The MongoDB database is known for its flexibility, scalability, and high performance. Its advantages include: a document data model that allows data to be stored in a flexible and unstructured way. Horizontal scalability to multiple servers via sharding. Query flexibility, supporting complex queries and aggregation operations. Data replication and fault tolerance ensure data redundancy and high availability. JSON support for easy integration with front-end applications. High performance for fast response even when processing large amounts of data. Open source, customizable and free to use.

MongoDB is a document-oriented, distributed database system used to store and manage large amounts of structured and unstructured data. Its core concepts include document storage and distribution, and its main features include dynamic schema, indexing, aggregation, map-reduce and replication. It is widely used in content management systems, e-commerce platforms, social media websites, IoT applications, and mobile application development.

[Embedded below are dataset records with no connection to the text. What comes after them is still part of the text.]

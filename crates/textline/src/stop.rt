//! Why a run ends before its input does.

ghost use Rattle.std.specs.Prelude.{◌≡◌};
ghost use Rattle.std.specs.IoError.{error_kind};
ghost use Rattle.textline.specs.Stops.{IsStatus, status_of, stop_of_kind};

use std::alloc::AllocError;
use std::fmt;
use std::fmt::Display;
use std::io::{Error, ErrorKind};

/// Why a run ended early.
#[derive(Clone, Copy, PartialEq, Eq, Debug)]
pub enum Stop {
    /// The line of this number, counted from 1, is no line of the language.
    Malformed(u64),
    Input,
    Output,
    Memory,
}

impl Stop {
    /// The status that the program ends with.
    pub fn status(self) -> u8
        ensures status { result ≡ status_of self }
        ensures known { IsStatus result }
    {
        match self {
            Stop::Malformed(_) => 2,
            Stop::Input | Stop::Output => 3,
            Stop::Memory => 4,
        }
    }

    /// What a failed read comes to. A reader that has no room for its bytes is want of memory.
    pub fn of_input(error: &Error) -> Stop
        ensures { result ≡ stop_of_kind (error_kind error.now) }
    {
        match error.kind() {
            ErrorKind::OutOfMemory => Stop::Memory,
            _ => Stop::Input,
        }
    }
}

impl Display for Stop {
    ghost use Rattle.std.specs.Prelude.{Some};
    ghost use Rattle.textline.specs.Stops.{reason_of};

    ghost output = { λ stop. Some (reason_of stop) };

    fn fmt<W: fmt::Write>(&self, f: &mut fmt::Formatter<W>) -> fmt::Result {
        match self {
            Stop::Malformed(line) => write!(f, "line {line}: malformed"),
            Stop::Input => f.write_str("input failed"),
            Stop::Output => f.write_str("output failed"),
            Stop::Memory => f.write_str("out of memory"),
        }
    }
}

impl From<AllocError> for Stop {
    ghost use Rattle.std.specs.Prelude.{◌≡◌};
    ghost use Rattle.textline.specs.declared.stop.Stop.TheVariants.{Memory};

    ghost from_gives = { λ _ stop. stop ≡ Memory };

    fn from(_error: AllocError) -> Stop {
        Stop::Memory
    }
}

On Linux/macOS: Create the data directory and start the "mongod" service. On Windows: Create the data directory and start the MongoDB service from Service Manager. In Docker: Run the "docker run" command. On other platforms: Please consult the MongoDB documentation. Verification method: Run the "mongo" command to connect and view the server version.

The MongoDB database file is located in the MongoDB data directory, which is /data/db by default, which contains .bson (document data), ns (collection information), journal (write operation records), wiredTiger (data when using the WiredTiger storage engine ) and config (database configuration information) and other files.

Solutions to resolve Navicat expiration issues include: renew the license; uninstall and reinstall; disable automatic updates; use Navicat Premium Essentials free version; contact Navicat customer support.